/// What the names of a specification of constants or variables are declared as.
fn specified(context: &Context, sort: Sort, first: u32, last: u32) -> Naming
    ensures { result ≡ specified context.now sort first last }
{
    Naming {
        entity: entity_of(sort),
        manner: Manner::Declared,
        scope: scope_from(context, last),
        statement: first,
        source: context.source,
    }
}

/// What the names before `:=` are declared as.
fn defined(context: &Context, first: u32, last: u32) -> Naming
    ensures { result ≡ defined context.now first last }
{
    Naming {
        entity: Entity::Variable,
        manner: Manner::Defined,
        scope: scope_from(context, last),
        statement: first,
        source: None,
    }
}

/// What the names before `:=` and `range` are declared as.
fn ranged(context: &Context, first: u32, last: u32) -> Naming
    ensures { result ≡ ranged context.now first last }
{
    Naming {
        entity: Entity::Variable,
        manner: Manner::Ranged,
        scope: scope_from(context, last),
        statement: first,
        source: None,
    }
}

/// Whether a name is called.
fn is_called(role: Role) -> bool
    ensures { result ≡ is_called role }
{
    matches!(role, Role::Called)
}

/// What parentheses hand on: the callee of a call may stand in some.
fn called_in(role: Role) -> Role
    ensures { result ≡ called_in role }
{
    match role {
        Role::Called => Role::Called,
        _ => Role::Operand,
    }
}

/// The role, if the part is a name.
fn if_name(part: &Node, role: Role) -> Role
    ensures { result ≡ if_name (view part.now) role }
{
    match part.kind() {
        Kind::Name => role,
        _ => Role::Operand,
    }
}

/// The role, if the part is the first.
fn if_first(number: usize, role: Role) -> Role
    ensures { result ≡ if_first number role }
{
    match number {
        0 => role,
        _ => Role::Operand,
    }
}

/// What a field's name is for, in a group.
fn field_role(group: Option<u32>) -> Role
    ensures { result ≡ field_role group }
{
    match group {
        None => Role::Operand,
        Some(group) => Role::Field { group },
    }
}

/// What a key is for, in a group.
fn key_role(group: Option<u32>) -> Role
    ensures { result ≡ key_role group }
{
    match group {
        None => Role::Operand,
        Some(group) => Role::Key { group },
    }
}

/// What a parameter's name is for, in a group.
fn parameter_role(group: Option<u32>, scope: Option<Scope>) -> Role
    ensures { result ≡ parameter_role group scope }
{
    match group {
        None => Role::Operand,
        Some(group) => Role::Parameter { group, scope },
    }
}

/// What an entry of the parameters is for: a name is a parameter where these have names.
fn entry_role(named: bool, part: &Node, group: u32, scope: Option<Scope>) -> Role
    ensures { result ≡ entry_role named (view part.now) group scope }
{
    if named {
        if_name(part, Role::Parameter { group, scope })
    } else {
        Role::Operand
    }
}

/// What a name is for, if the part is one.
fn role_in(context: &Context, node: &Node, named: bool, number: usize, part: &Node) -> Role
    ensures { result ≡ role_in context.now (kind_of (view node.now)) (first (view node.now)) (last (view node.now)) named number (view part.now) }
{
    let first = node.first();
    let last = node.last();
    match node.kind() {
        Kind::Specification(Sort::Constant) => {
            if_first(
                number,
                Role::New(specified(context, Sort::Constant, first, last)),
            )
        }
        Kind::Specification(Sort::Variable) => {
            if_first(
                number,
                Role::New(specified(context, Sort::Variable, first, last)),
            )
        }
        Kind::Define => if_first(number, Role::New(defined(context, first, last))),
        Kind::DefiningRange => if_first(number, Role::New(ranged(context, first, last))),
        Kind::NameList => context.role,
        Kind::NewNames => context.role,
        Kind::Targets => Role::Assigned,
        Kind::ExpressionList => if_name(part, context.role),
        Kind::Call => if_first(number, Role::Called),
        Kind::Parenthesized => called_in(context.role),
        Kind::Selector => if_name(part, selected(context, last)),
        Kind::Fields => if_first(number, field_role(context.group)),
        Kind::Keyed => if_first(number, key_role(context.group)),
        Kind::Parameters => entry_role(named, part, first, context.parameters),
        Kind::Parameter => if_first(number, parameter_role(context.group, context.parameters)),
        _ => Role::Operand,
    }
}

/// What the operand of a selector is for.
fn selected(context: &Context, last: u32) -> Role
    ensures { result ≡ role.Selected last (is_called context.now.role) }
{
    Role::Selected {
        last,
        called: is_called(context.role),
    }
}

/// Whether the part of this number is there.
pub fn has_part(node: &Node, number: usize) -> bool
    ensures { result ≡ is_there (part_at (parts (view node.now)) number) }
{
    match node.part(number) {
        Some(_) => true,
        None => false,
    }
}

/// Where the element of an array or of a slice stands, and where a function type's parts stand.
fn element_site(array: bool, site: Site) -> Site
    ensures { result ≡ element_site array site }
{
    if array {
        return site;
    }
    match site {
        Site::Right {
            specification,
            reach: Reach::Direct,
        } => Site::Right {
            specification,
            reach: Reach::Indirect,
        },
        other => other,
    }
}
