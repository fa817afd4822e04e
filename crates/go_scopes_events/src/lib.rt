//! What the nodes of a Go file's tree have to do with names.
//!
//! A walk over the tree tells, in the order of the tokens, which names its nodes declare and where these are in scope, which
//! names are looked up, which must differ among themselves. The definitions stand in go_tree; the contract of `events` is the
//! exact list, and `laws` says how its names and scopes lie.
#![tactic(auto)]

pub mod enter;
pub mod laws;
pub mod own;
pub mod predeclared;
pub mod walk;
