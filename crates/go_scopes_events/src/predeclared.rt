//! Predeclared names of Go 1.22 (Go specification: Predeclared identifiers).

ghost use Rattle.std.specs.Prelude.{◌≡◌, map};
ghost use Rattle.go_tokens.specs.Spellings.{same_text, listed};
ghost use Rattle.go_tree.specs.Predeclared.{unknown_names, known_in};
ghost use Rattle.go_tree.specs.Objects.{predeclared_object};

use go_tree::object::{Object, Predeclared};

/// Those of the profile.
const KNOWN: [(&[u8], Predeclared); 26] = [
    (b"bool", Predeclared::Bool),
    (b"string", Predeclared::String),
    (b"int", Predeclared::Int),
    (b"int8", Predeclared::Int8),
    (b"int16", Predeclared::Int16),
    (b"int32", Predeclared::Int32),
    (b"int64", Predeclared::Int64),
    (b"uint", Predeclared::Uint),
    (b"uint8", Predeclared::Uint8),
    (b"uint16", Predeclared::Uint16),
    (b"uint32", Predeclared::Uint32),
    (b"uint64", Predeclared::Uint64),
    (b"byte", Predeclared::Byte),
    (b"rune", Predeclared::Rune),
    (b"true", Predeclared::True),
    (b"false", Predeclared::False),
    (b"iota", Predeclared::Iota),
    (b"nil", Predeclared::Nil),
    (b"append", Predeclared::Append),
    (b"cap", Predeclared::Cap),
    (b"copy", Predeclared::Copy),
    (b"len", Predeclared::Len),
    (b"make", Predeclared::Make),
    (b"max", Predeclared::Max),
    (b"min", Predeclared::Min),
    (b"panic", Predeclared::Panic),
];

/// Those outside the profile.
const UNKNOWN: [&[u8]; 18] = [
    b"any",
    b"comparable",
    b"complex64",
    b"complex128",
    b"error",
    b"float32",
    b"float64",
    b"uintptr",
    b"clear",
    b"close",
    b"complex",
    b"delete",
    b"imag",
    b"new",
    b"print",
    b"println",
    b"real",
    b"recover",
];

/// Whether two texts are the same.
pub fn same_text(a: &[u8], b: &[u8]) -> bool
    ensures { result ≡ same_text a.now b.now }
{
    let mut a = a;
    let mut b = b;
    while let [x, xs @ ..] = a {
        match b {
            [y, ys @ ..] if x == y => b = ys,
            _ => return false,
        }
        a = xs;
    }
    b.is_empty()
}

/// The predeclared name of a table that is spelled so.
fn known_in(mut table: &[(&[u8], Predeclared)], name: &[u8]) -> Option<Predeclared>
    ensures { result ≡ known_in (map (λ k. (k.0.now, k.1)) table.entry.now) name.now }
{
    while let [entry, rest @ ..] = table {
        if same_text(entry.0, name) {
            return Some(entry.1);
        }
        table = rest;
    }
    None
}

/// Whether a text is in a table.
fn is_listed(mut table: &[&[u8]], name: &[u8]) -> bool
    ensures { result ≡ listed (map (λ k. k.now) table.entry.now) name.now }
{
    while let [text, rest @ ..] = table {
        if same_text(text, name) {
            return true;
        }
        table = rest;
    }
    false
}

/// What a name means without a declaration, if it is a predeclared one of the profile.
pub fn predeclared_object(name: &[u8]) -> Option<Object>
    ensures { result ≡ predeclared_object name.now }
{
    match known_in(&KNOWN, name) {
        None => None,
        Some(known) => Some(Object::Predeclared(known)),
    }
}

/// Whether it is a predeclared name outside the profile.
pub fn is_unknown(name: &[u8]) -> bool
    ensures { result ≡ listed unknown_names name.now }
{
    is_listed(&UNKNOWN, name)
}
········
→ **Task**
When the line with "Some(group) => Role::Field" is reached in the data above, begin copying, and stop after the line with "let last = node.last();"; copy each line exactly, both ends included.

→ **Task result**
        Some(group) => Role::Field { group },
    }
}

/// What a key is for, in a group.
fn key_role(group: Option<u32>) -> Role
    ensures { result ≡ key_role group }
{
    match group {
        None => Role::Operand,
        Some(group) => Role::Key { group },
    }
}

/// What a parameter's name is for, in a group.
fn parameter_role(group: Option<u32>, scope: Option<Scope>) -> Role
    ensures { result ≡ parameter_role group scope }
{
    match group {
        None => Role::Operand,
        Some(group) => Role::Parameter { group, scope },
    }
}

/// What an entry of the parameters is for: a name is a parameter where these have names.
fn entry_role(named: bool, part: &Node, group: u32, scope: Option<Scope>) -> Role
    ensures { result ≡ entry_role named (view part.now) group scope }
{
    if named {
        if_name(part, Role::Parameter { group, scope })
    } else {
        Role::Operand
    }
}

/// What a name is for, if the part is one.
fn role_in(context: &Context, node: &Node, named: bool, number: usize, part: &Node) -> Role
    ensures { result ≡ role_in context.now (kind_of (view node.now)) (first (view node.now)) (last (view node.now)) named number (view part.now) }
{
    let first = node.first();
    let last = node.last();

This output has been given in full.